● **Assignment**
Output all of the records again, exactly as written.

Data for this task Start Marker

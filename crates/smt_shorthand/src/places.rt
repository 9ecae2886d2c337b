// Where sorts and terms stand in the commands of a script and in terms (SMT-LIB 2.6, sections 3.6 and 3.9).

ghost use Rattle.std.specs.Prelude.{◌≡◌};
ghost use Rattle.smt_lists.specs.Expressions.{expr};
ghost use Rattle.smt_shorthand.specs.Places.{after_word, after_head, behind, first};

use smt_commands::symbol;
use smt_lists::Sexp;

/// What an S-expression is by its place.
#[derive(Clone, Copy, Debug, PartialEq, Eq)]
pub enum Part {
    /// A sort.
    Sort,
    /// A list of these members.
    Members(Row),
    /// Neither: no sort and no term stands in it.
    Other,
}

/// What the members of a list are, from one of them on.
#[derive(Clone, Copy, Debug, PartialEq, Eq)]
pub enum Row {
    /// Neither sorts nor terms.
    Others,
    /// The word of a command, and what belongs to it.
    Command,
    /// The head of a term, and what belongs to it.
    Term,
    /// Sorts.
    Sorts,
    /// Terms.
    Terms,
    /// Variables: lists of a name and its sort.
    Variables,
    /// Bindings: lists of a name and its term.
    Bindings,
    /// Signatures: lists of a name, variables and a sort.
    Signatures,
    /// A sort, and nothing more.
    Sort,
    /// A term, and nothing more.
    OneTerm,
    /// A list of terms, and nothing more.
    ListOfTerms,
    /// A name and its sort.
    NameSort,
    /// A name and its term.
    NameTerm,
    /// Sorts in a list, and a sort.
    SortsSort,
    /// A name, sorts in a list, and a sort.
    NameSortsSort,
    /// Variables in a list, and a sort.
    VariablesSort,
    /// A name, variables in a list, and a sort.
    NameVariablesSort,
    /// A sort and a term.
    SortTerm,
    /// A name, a sort and a term.
    NameSortTerm,
    /// Variables in a list, a sort and a term.
    VariablesSortTerm,
    /// A name, variables in a list, a sort and a term.
    NameVariablesSortTerm,
    /// Variables in a list, and a term.
    VariablesTerm,
    /// Bindings in a list, and a term.
    BindingsTerm,
    /// Signatures in a list, and terms in a list.
    SignaturesTerms,
}

/// What the first member is.
pub fn first(row: Row) -> Part
    ensures { result ≡ first row }
{
    match row {
        Row::Others
        | Row::Command
        | Row::NameSort
        | Row::NameTerm
        | Row::NameSortsSort
        | Row::NameVariablesSort
        | Row::NameSortTerm
        | Row::NameVariablesSortTerm => Part::Other,
        Row::Term | Row::Terms | Row::OneTerm => Part::Members(Row::Term),
        Row::Sorts | Row::Sort | Row::SortTerm => Part::Sort,
        Row::Variables => Part::Members(Row::NameSort),
        Row::Bindings => Part::Members(Row::NameTerm),
        Row::Signatures => Part::Members(Row::NameVariablesSort),
        Row::ListOfTerms => Part::Members(Row::Terms),
        Row::SortsSort => Part::Members(Row::Sorts),
        Row::VariablesSort | Row::VariablesSortTerm | Row::VariablesTerm => {
            Part::Members(Row::Variables)
        }
        Row::BindingsTerm => Part::Members(Row::Bindings),
        Row::SignaturesTerms => Part::Members(Row::Signatures),
    }
}

/// What the members after the first one are.
pub fn behind(row: Row, head: &Sexp) -> Row
    ensures { result ≡ behind row (expr head.now) }
{
    match row {
        Row::Command => after_word(head),
        Row::Term => after_head(head),
        Row::Others | Row::Sort | Row::OneTerm | Row::ListOfTerms => Row::Others,
        Row::Sorts | Row::Terms | Row::Variables | Row::Bindings | Row::Signatures => row,
        Row::NameSort | Row::SortsSort | Row::VariablesSort => Row::Sort,
        Row::NameTerm | Row::SortTerm | Row::VariablesTerm | Row::BindingsTerm => Row::OneTerm,
        Row::NameSortsSort => Row::SortsSort,
        Row::NameVariablesSort => Row::VariablesSort,
        Row::NameSortTerm | Row::VariablesSortTerm => Row::SortTerm,
        Row::NameVariablesSortTerm => Row::VariablesSortTerm,
        Row::SignaturesTerms => Row::ListOfTerms,
    }
}

/// What stands after the word of a command.
fn after_word(word: &Sexp) -> Row
    ensures { result ≡ after_word (expr word.now) }
{
    let Some(name) = symbol(word) else {
        return Row::Others;
    };
    let text = name.text;
    if text == b"assert".as_slice() {
        Row::OneTerm
    } else if text == b"declare-const".as_slice() {
        Row::NameSort
    } else if text == b"declare-fun".as_slice() {
        Row::NameSortsSort
    } else if text == b"define-const".as_slice() {
        Row::NameSortTerm
    } else if text == b"define-fun".as_slice() || text == b"define-fun-rec".as_slice() {
        Row::NameVariablesSortTerm
    } else if text == b"define-funs-rec".as_slice() {
        Row::SignaturesTerms
    } else if text == b"check-sat-assuming".as_slice() {
        Row::ListOfTerms
    } else {
        Row::Others
    }
}

/// What stands after the head of a term.
fn after_head(head: &Sexp) -> Row
    ensures { result ≡ after_head (expr head.now) }
{
    let Some(name) = symbol(head) else {
        return Row::Terms;
    };
    let text = name.text;
    if text == b"let".as_slice() {
        Row::BindingsTerm
    } else if text == b"forall".as_slice() || text == b"exists".as_slice() {
        Row::VariablesTerm
    } else if text == b"!".as_slice() {
        Row::OneTerm
    } else {
        Row::Terms
    }
}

Data for this task End Marker

● **Answer box**
filename crates/smt_shorthand/src/places.rt
repository 9ecae2886d2c337b
// Where sorts and terms stand in the commands of a script and in terms (SMT-LIB 2.6, sections 3.6 and 3.9).

ghost use Rattle.std.specs.Prelude.{◌≡◌};
ghost use Rattle.smt_lists.specs.Expressions.{expr};
ghost use Rattle.smt_shorthand.specs.Places.{after_word, after_head, behind, first};

use smt_commands::symbol;
use smt_lists::Sexp;

/// What an S-expression is by its place.
#[derive(Clone, Copy, Debug, PartialEq, Eq)]
pub enum Part {
    /// A sort.
    Sort,
    /// A list of these members.
    Members(Row),
    /// Neither: no sort and no term stands in it.
    Other,
}

/// What the members of a list are, from one of them on.
#[derive(Clone, Copy, Debug, PartialEq, Eq)]
pub enum Row {
    /// Neither sorts nor terms.
    Others,
    /// The word of a command, and what belongs to it.
    Command,
    /// The head of a term, and what belongs to it.
    Term,
    /// Sorts.
    Sorts,
    /// Terms.
    Terms,
    /// Variables: lists of a name and its sort.
    Variables,
    /// Bindings: lists of a name and its term.
    Bindings,
    /// Signatures: lists of a name, variables and a sort.
    Signatures,
    /// A sort, and nothing more.
    Sort,
    /// A term, and nothing more.
    OneTerm,
    /// A list of terms, and nothing more.
    ListOfTerms,
    /// A name and its sort.
    NameSort,
    /// A name and its term.
    NameTerm,
    /// Sorts in a list, and a sort.
    SortsSort,
    /// A name, sorts in a list, and a sort.
    NameSortsSort,
    /// Variables in a list, and a sort.
    VariablesSort,
    /// A name, variables in a list, and a sort.
    NameVariablesSort,
    /// A sort and a term.
    SortTerm,
    /// A name, a sort and a term.
    NameSortTerm,
    /// Variables in a list, a sort and a term.
    VariablesSortTerm,
    /// A name, variables in a list, a sort and a term.
    NameVariablesSortTerm,
    /// Variables in a list, and a term.
    VariablesTerm,
    /// Bindings in a list, and a term.
    BindingsTerm,
    /// Signatures in a list, and terms in a list.
    SignaturesTerms,
}

/// What the first member is.
pub fn first(row: Row) -> Part
    ensures { result ≡ first row }
{
    match row {
        Row::Others
        | Row::Command
        | Row::NameSort
        | Row::NameTerm
        | Row::NameSortsSort
        | Row::NameVariablesSort
        | Row::NameSortTerm
        | Row::NameVariablesSortTerm => Part::Other,
        Row::Term | Row::Terms | Row::OneTerm => Part::Members(Row::Term),
        Row::Sorts | Row::Sort | Row::SortTerm => Part::Sort,
        Row::Variables => Part::Members(Row::NameSort),
        Row::Bindings => Part::Members(Row::NameTerm),
        Row::Signatures => Part::Members(Row::NameVariablesSort),
        Row::ListOfTerms => Part::Members(Row::Terms),
        Row::SortsSort => Part::Members(Row::Sorts),
        Row::VariablesSort | Row::VariablesSortTerm | Row::VariablesTerm => {
            Part::Members(Row::Variables)
        }
        Row::BindingsTerm => Part::Members(Row::Bindings),
        Row::SignaturesTerms => Part::Members(Row::Signatures),
    }
}

/// What the members after the first one are.
pub fn behind(row: Row, head: &Sexp) -> Row
    ensures { result ≡ behind row (expr head.now) }
{
    match row {
        Row::Command => after_word(head),
        Row::Term => after_head(head),
        Row::Others | Row::Sort | Row::OneTerm | Row::ListOfTerms => Row::Others,
        Row::Sorts | Row::Terms | Row::Variables | Row::Bindings | Row::Signatures => row,
        Row::NameSort | Row::SortsSort | Row::VariablesSort => Row::Sort,
        Row::NameTerm | Row::SortTerm | Row::VariablesTerm | Row::BindingsTerm => Row::OneTerm,
        Row::NameSortsSort => Row::SortsSort,
        Row::NameVariablesSort => Row::VariablesSort,
        Row::NameSortTerm | Row::VariablesSortTerm => Row::SortTerm,
        Row::NameVariablesSortTerm => Row::VariablesSortTerm,
        Row::SignaturesTerms => Row::ListOfTerms,
    }
}

/// What stands after the word of a command.
fn after_word(word: &Sexp) -> Row
    ensures { result ≡ after_word (expr word.now) }
{
    let Some(name) = symbol(word) else {
        return Row::Others;
    };
    let text = name.text;
    if text == b"assert".as_slice() {
        Row::OneTerm
    } else if text == b"declare-const".as_slice() {
        Row::NameSort
    } else if text == b"declare-fun".as_slice() {
        Row::NameSortsSort
    } else if text == b"define-const".as_slice() {
        Row::NameSortTerm
    } else if text == b"define-fun".as_slice() || text == b"define-fun-rec".as_slice() {
        Row::NameVariablesSortTerm
    } else if text == b"define-funs-rec".as_slice() {
        Row::SignaturesTerms
    } else if text == b"check-sat-assuming".as_slice() {
        Row::ListOfTerms
    } else {
        Row::Others
    }
}

/// What stands after the head of a term.
fn after_head(head: &Sexp) -> Row
    ensures { result ≡ after_head (expr head.now) }
{
    let Some(name) = symbol(head) else {
        return Row::Terms;
    };
    let text = name.text;
    if text == b"let".as_slice() {
        Row::BindingsTerm
    } else if text == b"forall".as_slice() || text == b"exists".as_slice() {
        Row::VariablesTerm
    } else if text == b"!".as_slice() {
        Row::OneTerm
    } else {
        Row::Terms
    }
}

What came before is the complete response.